Manage Environments

The signac-flow package uses environment profiles to adjust the submission process to local environments. That is because different environments provide different resources and options for the submission of operations to those resources. Although the basic options will always be the same, there might be some subtle differences depending on where you want to submit your operations.

How to Use Environments

Environments are defined by subclassing from the ComputeEnvironment class. The ComputeEnvironment class is a meta-class that ensures that all subclasses are automatically globally registered when they are defined. This enables us to use environments simply by defining them or importing them from a different module. The flow.get_environment() function will go through all defined ComputeEnvironment classes and return the one where the is_present() class method returns True.

Packaged Environments

The package comes with a few default environments which are always available and designed for specific schedulers. That includes the DefaultPBSEnvironment and the DefaultSlurmEnvironment. This means that if you are within an environment with a PBS or Slurm scheduler you should be immediately able to submit to the cluster.

In addition, signac-flow comes with some environments tailored to specific compute clusters that are defined in the flow.environments module. These environments are also automatically available, but if they conflict with a specific environment of your choice, you can opt out of using these environments by setting the flow.import_packaged_environments signac config variable. For instance, to opt out of using these environments for a specific signac project, execute signac config set flow.import_packaged_environments off within that environment. This variable may also be set within the global signac configuration file on a given cluster. More generally, if you simply wish to force signac-flow to use a particular environment, you may do so by setting the environment variable SIGNAC_FLOW_ENVIRONMENT in your shell.

For a full list of all packaged environments, please see Supported Environments.

Defining New Environments

In order to implement a new environment, create a new class that inherits from flow.environment.ComputeEnvironment.

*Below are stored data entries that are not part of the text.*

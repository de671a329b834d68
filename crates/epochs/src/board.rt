//! The switchboard of a process: begin at `Switchboard`.

use crate::inbox::{Arrival, Inbox};
use crate::running::Running;
use crate::state::{Place, State};
use crate::verdicts::Verdicts;
use chain::{Ask, Chain};
use std::alloc::Global;
use std::sync::atomic::{AtomicBool, Ordering};
use std::sync::{Arc, Condvar, Mutex, Wait};
use std::time::{Clock, Duration};
use terms::Memory;

/// The quarters of a second for which an epoch goes on once it is to end.
const ENDING: u32 = 8;

/// The doors of an epoch that runs.
#[derive(Drop)]
pub struct Doors {
    /// The door of links.
    pub links: Arc<Inbox>,
    /// The door of clients.
    pub clients: Arc<Inbox>,
}

impl Doors {
    /// Both doors, with nobody at them.
    fn new(alloc: Global) -> Result<Doors, Memory> {
        let (links, clients) = (Inbox::new(alloc), Inbox::new(alloc));
        let Ok(links) = Arc::new(alloc, links) else {
            return Err(Memory);
        };
        let Ok(clients) = Arc::new(alloc, clients) else {
            return Err(Memory);
        };
        Ok(Doors { links, clients })
    }

    /// The same doors once more.
    pub fn share(&self) -> Result<Doors, Memory> {
        let links = self.links.clone()?;
        let clients = self.clients.clone()?;
        Ok(Doors { links, clients })
    }
}

/// A cause for which the member of an epoch ends, though its epoch is needed.
pub trait Halt {
    /// Returns `true` if the member is to end now. It is asked four times a second.
    fn is_due(&self) -> bool;
}

/// The standing of an epoch that runs, as its clock tells it once a second.
#[derive(Clone, Copy, Debug, PartialEq, Eq)]
pub struct Report {
    /// A question of it was proposed to this member and isn't decided here.
    pub is_undone: bool,
    /// The number of statements that were said and decisions that were made.
    pub progress: u64,
    /// A question is decided.
    pub is_begun: bool,
    /// All questions are decided.
    pub is_complete: bool,
}

/// The state that the threads of all epochs of one process share: which epochs run, who asks for
/// one, which connections wait for one, and how the questions of those that don't run were decided.
#[derive(Drop)]
pub struct Switchboard {
    alloc: Global,
    chain: Chain,
    me: u8,
    state: Mutex<State>,
    changed: Condvar,
    ended: AtomicBool,
}

impl Switchboard {
    /// The switchboard of this member of a chain, of which no epoch is known yet.
    pub fn new(alloc: Global, chain: Chain, me: u8) -> Switchboard {
        Switchboard {
            alloc,
            chain,
            me,
            state: Mutex::new(State::new(alloc)),
            changed: Condvar::new(),
            ended: AtomicBool::new(false),
        }
    }

    /// Returns the memory from which it takes its lists.
    pub fn alloc(&self) -> Global {
        self.alloc
    }

    /// Returns the chain.
    pub fn chain(&self) -> Chain {
        self.chain
    }

    /// Adds the next epoch whose journal is there, with the decisions of its questions.
    pub fn add<R: Wait>(&self, rt: &R, verdicts: Verdicts) -> Result<(), Memory> {
        let mut state = self.state.lock(rt);
        state.add(verdicts)
    }

    /// Returns how many epochs have a journal, or had one that was put away.
    pub fn made<R: Wait>(&self, rt: &R) -> u64 {
        self.state.lock(rt).made()
    }

    /// Returns the newest epoch with a proposal or a decision of this member; 0 before the first.
    pub fn newest<R: Wait>(&self, rt: &R) -> u64 {
        self.state.lock(rt).newest
    }

    /// Returns the first epoch that isn't closed here: the newest, or one before it that runs or
    /// isn't done.
    pub fn first_open<R: Wait>(&self, rt: &R) -> u64 {
        self.state.lock(rt).first_open()
    }

    /// Returns an epoch that is to run and doesn't, the oldest of these. It counts as running from
    /// now on, and these are its doors, at which those stand that waited for it.
    pub fn open_next<R: Wait>(&self, rt: &R) -> Result<Option<(u64, Doors)>, Memory> {
        if self.is_ended() {
            return Ok(None);
        }
        let mut state = self.state.lock(rt);
        let Some(epoch) = state.due(&self.chain) else {
            return Ok(None);
        };
        let doors = Doors::new(self.alloc)?;
        let kept = doors.share()?;
        state.enter(&self.chain, Running::new(epoch, kept))?;
        state.unpark(rt, epoch, &doors);
        Ok(Some((epoch, doors)))
    }

    /// The epoch's member listens and speaks from now on.
    pub fn note_ready<R: Wait>(&self, rt: &R, epoch: u64) {
        let mut state = self.state.lock(rt);
        state.note_ready(epoch);
        self.changed.notify_all();
    }

    /// Returns `true` if the member of the newest epoch listens.
    pub fn is_ready<R: Wait>(&self, rt: &R) -> bool {
        self.state.lock(rt).is_ready()
    }

    /// The epoch has ended. Its questions were decided so.
    pub fn leave<R: Wait>(&self, rt: &R, epoch: u64, verdicts: Verdicts) {
        let mut state = self.state.lock(rt);
        state.leave(rt, epoch, verdicts);
        self.changed.notify_all();
    }

    /// Hands a link to the epoch of that cluster, of which the Hello names this member as its
    /// sender. It is closed if no epoch has the number, or none that is to run.
    pub fn hand_link<R: Wait>(&self, rt: &R, cluster: u64, peer: u8, arrival: Arrival) {
        let Some(epoch) = self.chain.epoch_of(cluster) else {
            return;
        };
        let mut state = self.state.lock(rt);
        // One whose journal was put away never runs, and takes no ask's place from another.
        if peer != self.me && !state.is_gone(epoch) {
            let _unheard = state.ask(Ask { peer, epoch }).is_err();
        }
        match state.place_of(&self.chain, epoch) {
            Place::Runs(doors) => doors.links.put(rt, arrival),
            Place::IsDue => {
                state.park(epoch, true, arrival);
                self.changed.notify_all();
            }
            Place::Nowhere => {}
        }
    }

    /// Hands a client to that epoch, or to the newest if it names none. It is closed if that may
    /// not run.
    pub fn hand_client<R: Wait>(&self, rt: &R, epoch: Option<u64>, arrival: Arrival) {
        let mut state = self.state.lock(rt);
        let epoch = epoch.unwrap_or(state.newest);
        let _uncalled = state.call(epoch).is_err();
        match state.place_of(&self.chain, epoch) {
            Place::Runs(doors) => doors.clients.put(rt, arrival),
            Place::IsDue => {
                state.park(epoch, false, arrival);
                self.changed.notify_all();
            }
            Place::Nowhere => {}
        }
    }

    /// A bit was proposed in the epoch.
    pub fn note_proposal<R: Wait>(&self, rt: &R, epoch: u64) {
        let mut state = self.state.lock(rt);
        let _uncalled = state.advance(epoch).is_err();
        let _uncalled = state.call(epoch).is_err();
        self.changed.notify_all();
    }

    /// Notes how an epoch stands that runs, once a second. Returns `true` if it rests: nothing of
    /// it is open here, and nothing happens in it or all its questions are decided. If memory is
    /// refused, it doesn't rest before the next report.
    pub fn report<R: Wait>(&self, rt: &R, epoch: u64, report: Report) -> bool {
        let mut state = self.state.lock(rt);
        let rests = state.report(epoch, report).unwrap_or(false);
        state.close_late();
        self.changed.notify_all();
        rests
    }

    /// Waits until something changes, as it does once a second while an epoch runs.
    pub fn await_change<R: Wait>(&self, rt: &R) {
        let mut state = self.state.lock(rt);
        let begun = state.changes;
        for _ in rt.forever() {
            if state.changes != begun || self.is_ended() {
                return;
            }
            state = self.changed.wait(rt, state);
        }
        unreachable!()
    }

    /// Returns `true` if the epoch is to end.
    pub fn is_over<R: Wait>(&self, rt: &R, epoch: u64) -> bool {
        self.is_ended() || self.state.lock(rt).is_over(&self.chain, epoch)
    }

    /// Waits until the epoch is to end, or its member is halted. Its clients have two seconds to
    /// leave for another epoch.
    pub fn await_end<R: Wait + Clock, H: Halt>(&self, rt: &R, epoch: u64, halt: &H) {
        let mut over = 0u32;
        for _ in rt.forever() {
            if self.is_ended() || over >= ENDING || halt.is_due() {
                return;
            }
            over = if self.is_over(rt, epoch) {
                over.saturating_add(1)
            } else {
                0
            };
            self.pause(rt, Duration::from_millis(250));
        }
        unreachable!()
    }

    /// Waits for so long, or until all epochs are to end.
    fn pause<R: Wait + Clock>(&self, rt: &R, limit: Duration) {
        let state = self.state.lock(rt);
        let (_state, _late) = self
            .changed
            .wait_timeout_while(rt, state, limit, |_| { !self.is_ended() });
    }

    /// Waits until something changes, for so long at most.
    pub fn rest<R: Wait + Clock>(&self, rt: &R, limit: Duration) {
        let state = self.state.lock(rt);
        let begun = state.changes;
        let (_state, _late) = self
            .changed
            .wait_timeout_while(rt, state, limit, |state| { state.changes == begun });
    }

    /// Returns what is known of a question of an epoch that doesn't run; none of one that does.
    pub fn stored<R: Wait>(&self, rt: &R, epoch: u64, question: u16) -> Option<Stored> {
        self.state.lock(rt).stored(epoch, question)
    }

    /// Returns `true` if the epoch runs.
    pub fn runs<R: Wait>(&self, rt: &R, epoch: u64) -> bool {
        self.state.lock(rt).runs(epoch)
    }

    /// Returns `true` if the epoch is behind the newest, and no decision of it is to be waited for:
    /// it doesn't run, or nothing has happened in it for ten seconds.
    pub fn is_passed<R: Wait>(&self, rt: &R, epoch: u64) -> bool {
        self.state.lock(rt).is_passed(epoch)
    }

    /// Returns the question that was decided at this place in an epoch that doesn't run, counted in
    /// the order of its journal, and the bit.
    pub fn decided_at<R: Wait>(&self, rt: &R, epoch: u64, place: u16) -> Option<(u16, bool)> {
        self.state.lock(rt).decided_at(epoch, place)
    }

    /// Returns what a follower at another epoch's desk does, whose next decision is that at this
    /// place of the epoch, counted in the order of its journal.
    pub fn onward<R: Wait>(&self, rt: &R, epoch: u64, place: u16) -> Onward {
        self.state.lock(rt).onward(&self.chain, epoch, place)
    }

    /// Waits until all epochs are to end.
    pub fn await_all_ends<R: Wait>(&self, rt: &R) {
        for _ in rt.forever() {
            if self.is_ended() {
                return;
            }
            self.await_change(rt);
        }
        unreachable!()
    }

    /// Brings all epochs to their end.
    pub fn end<R: Wait>(&self, rt: &R) {
        self.ended.store(true, Ordering::SeqCst);
        let mut state = self.state.lock(rt);
        state.change();
        self.changed.notify_all();
    }

    /// Returns `true` if all epochs are to end.
    pub fn is_ended(&self) -> bool {
        self.ended.load(Ordering::SeqCst)
    }
}

/// The next thing that a follower does at the desk of another epoch than that of its next
/// decision.
#[derive(Clone, Copy, Debug, PartialEq, Eq)]
pub enum Onward {
    /// The follower is told this decision: the question of the epoch, and the bit.
    Tell(u16, bool),
    /// The epoch runs: the follower moves to its desk.
    Move,
    /// The epoch is passed: it doesn't run, is behind the newest, and nothing more was decided.
    Pass,
    /// The epoch is behind the newest, and nothing of it is known yet: it is to be made up for. The
    /// follower stays for a while.
    Await,
    /// The follower stays and looks again: the epoch ends, or hasn't begun.
    Stay,
}

/// The desk's word on a slot whose epoch doesn't run.
#[derive(Clone, Copy, Debug, PartialEq, Eq)]
pub enum Stored {
    /// The slot was decided for this bit.
    Decided(bool),
    /// No decision is known: the epoch has to run.
    Open,
    /// The journal of its epoch was put away.
    Gone,
    /// The epoch is past the one in front of the newest, and is begun by a proposal.
    Ahead,
    /// The epoch is so far ahead that no proposal is taken for it.
    Far,
}
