//! The asks of a member's peers for epochs: begin at `Asks`.

ghost use Rattle.std.specs.Prelude.{◌≡◌, length};
ghost use Rattle.epochs.specs.Asking.{HasFewAsks, asks_by, place_of, tells_next, tested_at};

use chain::Ask;
use std::alloc::Global;
use terms::Memory;

/// The most epochs for which one peer asks at once.
pub(crate) const ASKS: usize = 2;

/// The seconds for which an ask stands.
pub(crate) const ASKING: u64 = 5;

/// The asks that stand.
#[derive(Drop)]
pub(crate) struct Asks {
    list: Vec<Ask>,
    /// The second in which each of these was heard last.
    heard: Vec<u64>,
    /// The seconds that have passed.
    second: u64,
    ghost paired: { length heard.items ≡ length list.items },
    ghost few: { HasFewAsks list.items },
}

impl Asks {
    ghost use Rattle.std.specs.Prelude.{[], ◌⊎◌, ◌<◌, ◌≤◌, Contains, OnOk, filter, None, Some, if◌then◌else◌};
    ghost use Rattle.epochs.specs.Asks.{heard_since, not_asked, not_for, standing, stays};

    /// Nobody asks.
    pub(crate) fn new(alloc: Global) -> Asks
        ensures none { standing result ≡ [] }
    {
        Asks {
            list: Vec::new(alloc),
            heard: Vec::new(alloc),
            second: 0,
        }
    }

    /// Returns the asks that stand.
    pub(crate) fn list(&self) -> &[Ask]
        ensures { result.now ≡ self.now.list.items }
    {
        self.list.as_slice()
    }

    /// Returns the seconds that have passed.
    pub(crate) fn second(&self) -> u64
        ensures { result ≡ self.now.second }
    {
        self.second
    }

    /// A peer asks for an epoch. The ask stands from now on, unless the peer has asked for two
    /// others.
    pub(crate) fn hear(&mut self, ask: Ask) -> Result<(), Memory>
        ensures again { Contains self.old.list.items ask →
            Contains (standing self.new) (ask, self.old.second) }
        ensures taken { OnOk result ((ASKS ≤ asks_by self.old.list.items ask.peer)
            ⊎ Contains (standing self.new) (ask, self.old.second)) }
        ensures others { not_asked ask (standing self.new) ≡ not_asked ask (standing self.old) }
        ensures second { self.new.second ≡ self.old.second }
    {
        match place_of(self.list.as_slice(), ask) {
            Some(at) => {
                self.hear_again(at, ask);
                Ok(())
            }
            None => self.add(ask),
        }
    }

    /// The ask at this place is heard once more.
    fn hear_again(&mut self, at: usize, ask: Ask)
        requires { place_of self.old.list.items ask ≡ Some at }
        ensures again { Contains (standing self.new) (ask, self.old.second) }
        ensures others { not_asked ask (standing self.new) ≡ not_asked ask (standing self.old) }
        ensures second { self.new.second ≡ self.old.second }
    {
        self.heard[at] = self.second;
    }

    /// A peer asks for another epoch.
    fn add(&mut self, ask: Ask) -> Result<(), Memory>
        requires { place_of self.old.list.items ask ≡ None }
        ensures taken { OnOk result ((ASKS ≤ asks_by self.old.list.items ask.peer)
            ⊎ Contains (standing self.new) (ask, self.old.second)) }
        ensures others { not_asked ask (standing self.new) ≡ not_asked ask (standing self.old) }
        ensures second { self.new.second ≡ self.old.second }
    {
        if asks_by(self.list.as_slice(), ask.peer) >= ASKS {
            return Ok(());
        }
        self.list.reserve(1)?;
        self.heard.reserve(1)?;
        self.list.push_reserved(ask);
        self.heard.push_reserved(self.second);
        Ok(())
    }

    /// A second has passed: who asked too long ago doesn't ask any more.
    pub(crate) fn tick(&mut self)
        ensures second { self.new.second ≡ tells_next self.old.second }
        ensures asks { standing self.new ≡ heard_since self.new.second (standing self.old) }
    {
        self.second = self.second.saturating_add(1);
        self.forget(Gone::Before(self.second.saturating_sub(ASKING)));
    }

    /// Nobody asks for the epoch any more.
    pub(crate) fn forget_epoch(&mut self, epoch: u64)
        ensures second { self.new.second ≡ self.old.second }
        ensures asks { standing self.new ≡ not_for epoch (standing self.old) }
    {
        self.forget(Gone::For(epoch));
    }

    /// The same, if this is `true`.
    pub(crate) fn forget_epoch_if(&mut self, is_done: bool, epoch: u64)
        ensures second { self.new.second ≡ self.old.second }
        ensures asks { standing self.new ≡ (if is_done
            then not_for epoch (standing self.old) else standing self.old) }
    {
        if is_done {
            self.forget_epoch(epoch);
        }
    }

    /// Forgets these asks.
    fn forget(&mut self, gone: Gone)
        ensures second { self.new.second ≡ self.old.second }
        ensures asks { standing self.new ≡ filter (stays gone) (standing self.old) }
    {
        let count = self.list.len();
        for done in 0..count {
            self.forget_at(count - 1 - done, gone);
        }
    }

    /// Forgets the ask at this place if it is one of these.
    fn forget_at(&mut self, at: usize, gone: Gone)
        requires { at < length self.old.list.items }
        ensures left { at ≤ length self.new.list.items }
        ensures second { self.new.second ≡ self.old.second }
        ensures asks { standing self.new ≡ tested_at (stays gone) at (standing self.old) }
    {
        if gone.takes(self.list[at], self.heard[at]) {
            self.list.remove(at);
            self.heard.remove(at);
        }
    }
}

/// The asks that are forgotten.
#[derive(Clone, Copy)]
enum Gone {
    /// Those for this epoch.
    For(u64),
    /// Those that were heard last before this second.
    Before(u64),
}

impl Gone {
    ghost use Rattle.std.specs.Prelude.{not};
    ghost use Rattle.epochs.specs.Asks.{stays};

    /// Returns `true` if this ask, which was heard last in this second, is forgotten.
    fn takes(self, ask: Ask, heard: u64) -> bool
        ensures { result ≡ not (stays self (ask, heard)) }
    {
        match self {
            Gone::For(epoch) => ask.epoch == epoch,
            Gone::Before(second) => heard < second,
        }
    }
}

/// Returns the place at which this ask stands.
fn place_of(asks: &[Ask], ask: Ask) -> Option<usize>
    ensures { result ≡ place_of asks.now ask }
{
    asks.iter()
        .position(|one| one.peer == ask.peer && one.epoch == ask.epoch)
}

/// Returns for how many epochs the peer asks.
fn asks_by(asks: &[Ask], peer: u8) -> usize
    ensures { result ≡ asks_by asks.now peer }
{
    let mut count = 0;
    for one in asks {
        if one.peer == peer {
            count += 1;
        }
    }
    count
}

You will need to define a detection algorithm for your environment, by default we use a regular expression that matches the return value of socket.getfqdn().

Those are the steps usually required to define a new environment:

  1. Subclass from flow.environment.ComputeEnvironment.

  2. Determine a regular expression that would match the output of socket.getfqdn().

  3. Create a template and specify the template name as template class variable.

This is an example for a typical environment class definition:

class MyUniversityCluster(flow.environment.DefaultSlurmEnvironment):
    hostname_pattern = r".*\.mycluster\.university\.edu$"  # Matches names like login.mycluster.university.edu
    template = "myuniversity-mycluster.sh"

Then, add the myuniversity-mycluster.sh template script to the templates/ directory within your project root directory.

Important

To avoid an inconsequential warning and automatically register the new environment, the custom environment class should be defined in and then imported from a separate Python module file (e.g., environments.py), located in the the project root directory and not in the project.py file. The project.py file should import the Python module file (e.g., environments.py) and define the FlowProject class’s module. Defining the custom environment class within in the project.py module will produce the warning, “flow.project:Unable to load template from package. Original Error ‘__main__.__spec__ is None’”, but the code should still execute as expected.

As an example on how to write a submission script template, this would be a viable template to define the header for a SLURM scheduler:

{% extends "base_script.sh" %}
{% block header %}
#!/bin/bash
#SBATCH --job-name="{{ id }}"
#SBATCH --partition={{ partition }}
#SBATCH -t {{ walltime|format_timedelta }}
{% block tasks %}
#SBATCH --ntasks={{ np_global }}
{% endblock %}
{% endblock %}

Warning

The job name must be {{ id }} in order for signac-flow to track the status of job submissions. signac-flow relies on the scheduler job name to recognize the status of submitted jobs. Users should not override the job name manually via the command line or a custom template.

All templates, which are shipped with the package, are within the flow/templates/ directory within the package source code.

Contributing Environments to the Package

Users are highly encouraged to contribute environment profiles that they developed for their local environments. In order to contribute an environment, either simply email them to the package maintainers (see the README for contact information) or create a pull request.